Instructor La Jolla Institute for Immunology La Jolla, California, United States
Introduction/Rationale: We recently reported that ICOS, OX40, and CD30 are essential for the long-term maintenance of Th2-biased allergen-reactive lung tissue-resident memory CD4 T (Trm) cells. However, their role in sustaining Th1/Th17 Trm cells remains unclear.
Methods: To address this, mice were exposed intranasally to a combination of house dust mite (HDM), cyclic di-GMP (c-di-GMP), and lipopolysaccharide (LPS), resulting in a biased Th1/Th17 response with ~6-fold increase in neutrophil accumulation compared with HDM alone.

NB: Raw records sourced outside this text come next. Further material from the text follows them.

//! Lines on what a bound is made of, by names.

use responses::{Cause, How, PlacedPoint, Rate, Reason, Responses, Share, Stretch};
use source_texts::{SourceText, source_place};
use std::alloc::{AllocError, Global};

/// A text, and how often interrupts come.
#[derive(Clone, Copy)]
pub(crate) struct Scene<'s, 't> {
    pub(crate) alloc: Global,
    /// The name of its file.
    pub(crate) file: &'s str,
    /// What it declares.
    pub(crate) text: &'s SourceText<'t>,
    pub(crate) content: &'s str,
    pub(crate) rates: &'s [Rate],
}

/// Lines that are being written.
#[derive(Drop)]
pub(crate) struct Report<'r, 't> {
    pub(crate) scene: Scene<'r, 't>,
    /// The offsets of its objects, by their numbers.
    pub(crate) offsets: &'r [u32],
    /// The responses to one interrupt of each line, where some rates ask for too much.
    pub(crate) costs: Option<&'r Responses>,
    pub(crate) to: String,
}

/// How a thread is set going, in words.
fn words_of(how: How) -> &'static str {
    match how {
        How::Rung => "rung",
        How::Sent => "sent to",
        How::Called => "called",
    }
}

/// The call in which a thread waited, in words.
fn call_of(how: How) -> &'static str {
    match how {
        How::Rung => "ring",
        How::Sent => "Send",
        How::Called => "Call",
    }
}

impl<'t> Report<'_, 't> {
    /// The name of a thread.
    pub(crate) fn thread(&self, number: u32) -> &'t str {
        match self.scene.text.threads.get(number as usize) {
            Some(thread) => self.scene.text.object_name(thread.tcb),
            None => "?",
        }
    }

    /// Puts the number of a line, and its name if it has one.
    pub(crate) fn push_line(&mut self, line: u32) -> Result<(), AllocError> {
        write!(&mut self.to, "line {line}")?;
        for interrupt in &self.scene.text.interrupts {
            if interrupt.number == line {
                let name = interrupt.name;
                return write!(&mut self.to, " ({name})");
            }
        }
        Ok(())
    }

    /// Puts the name of the object at an offset: what is made of a pool has none.
    fn push_object(&mut self, offset: u32) -> Result<(), AllocError> {
        match self.offsets.iter().position(|other| *other == offset) {
            Some(number) => self.to.push_str(self.scene.text.object_name(number)),
            None => self.to.push_str("what is made of a pool"),
        }
    }

    /// Puts the line of a point: that of the text, or of the file that it comes from.
    pub(crate) fn push_place(&mut self, at: PlacedPoint) -> Result<(), AllocError> {
        let line = match self.scene.text.threads.get(at.thread as usize) {
            Some(thread) => thread.point_line(at.point as usize),
            None => 0,
        };
        let before = usize::try_from(line.saturating_sub(1)).unwrap_or(0);
        if let Some(text) = self.scene.content.lines().nth(before) {
            if let Some(place) = source_place(text) {
                return self.to.push_str(place);
            }
        }
        write!(&mut self.to, "line {line}")
    }

    /// Puts how often.
    fn push_times(&mut self, times: u64) -> Result<(), AllocError> {
        match times {
            1 => self.to.push_str("once"),
            2 => self.to.push_str("twice"),
            times => write!(&mut self.to, "{times} times"),
        }
    }

    /// A stretch of a thread.
    pub(crate) fn say_stretch(&mut self, stretch: &Stretch) -> Result<(), AllocError> {
        let (steps, name) = (stretch.steps, self.thread(stretch.thread));
        match stretch.cause {
            Cause::Taken { .. } => write!(&mut self.to, "{steps:>10}  {name}, from the bell on\n"),
            Cause::SetGoing { by, how } => {
                let (other, words) = (self.thread(by.thread), words_of(how));
                write!(&mut self.to, "{steps:>10}  {name}, {words} by {other} at ")?;
                self.push_place(by)?;
                self.to.push_str("\n")
            }
            Cause::GoesOn { from, how } => {
                let call = call_of(how);
                write!(&mut self.to, "{steps:>10}  {name}, on from its {call} at ")?;
                self.push_place(from)?;
                self.to.push_str("\n")
            }
            Cause::Further => write!(&mut self.to, "{steps:>10}  what that sets going further\n"),
        }
    }

    /// Puts what a share of a bound is for.
    fn push_reason(&mut self, reason: Reason) -> Result<(), AllocError> {
        match reason {
            Reason::LeftAt { object } => {
                self.to.push_str("what may be left at ")?;
                self.push_object(object)
            }
            Reason::Pending { line } => write!(&mut self.to, "line {line}, pending"),
            Reason::WaitsWith { thread } => {
                let name = self.thread(thread);
                write!(&mut self.to, "what {name} may wait with")
            }
            Reason::FromBelow => self.to.push_str("what parts below may have left"),
            Reason::Comes { line, times } => {
                write!(&mut self.to, "line {line}, ")?;
                self.push_times(times)
            }
        }
    }

    /// A share of a bound.
    pub(crate) fn say_share(&mut self, share: &Share) -> Result<(), AllocError> {
        let steps = share.steps;
        write!(&mut self.to, "{steps:>10}  ")?;
        self.push_reason(share.reason)?;
        self.to.push_str("\n")
    }
}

Results: Therapeutic co-administration of blocking antibodies to ICOSL, OX40L, and CD30L during tertiary allergen exposure reduced the accumulation of CD44hiCD62Llo CD4+ lung Trm cells by ~70%, although this reduction was weaker than that observed in Th2 asthmatic mice. Analysis of mouse scRNA-seq data revealed prominent expression of receptors for TL1A (DR3) and GITRL (GITR) in Th1 and Th17 cells, while ICOS expression was maintained across these cells similar to Th2 cells, in line with transcriptomic analyses of allergen-reactive human CD4 Trm cells. Correspondingly, short-term therapeutic blockade of ICOSL together with TL1A and GITRL reduced lung Trm accumulation by ~90%. Moreover, dual blockade of TL1A with GITRL was also effective, reducing the long-lasting CD4 Trm population in the lungs by ~80%.
Conclusion: Collectively, our data highlight cooperative costimulatory pathways in determining the persistence of CD4 Trm cells and identify TL1A and GITRL as promising therapeutic targets to achieve long-term tolerance in patients with Th1 and Th17-biased tissue inflammation.